> [Given data]
^^^^^^^^

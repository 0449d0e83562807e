//! Known values of every mode, sent on the line and received on a plain engine, and the refusals at the bounds.
#![tactic(auto)]

mod bounds;
mod vectors;

fn main(rt: HostRuntime) -> anyhow::Result<()> {
    run(&rt)
}

fn run(rt: &(impl Print + AllocGlobal)) -> anyhow::Result<()> {
    for code in 1..=11u8 {
        vectors::show_code(rt, code)?;
    }
    vectors::show_codebook_example(rt)?;
    bounds::show(rt)
}
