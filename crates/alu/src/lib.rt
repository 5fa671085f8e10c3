// Operations on 32-bit words (document 01, "The words").
#![tactic(auto)]

mod extend;
mod product;
mod scalar;
mod shift;

pub use scalar::{arithmetic, binary, conversion, integer, integer_unary, unary};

^^^^^^^^

> [Task item] Only the lines from the one containing "filename crates/alu/src/lib.rt" through the last line of the records are to be set down, exactly as they appear.

> [Exercise output]
filename crates/alu/src/lib.rt
repository 5fa671085f8e10c3
// Operations on 32-bit words (document 01, "The words").
#![tactic(auto)]

mod extend;
mod product;
mod scalar;
mod shift;

pub use scalar::{arithmetic, binary, conversion, integer, integer_unary, unary};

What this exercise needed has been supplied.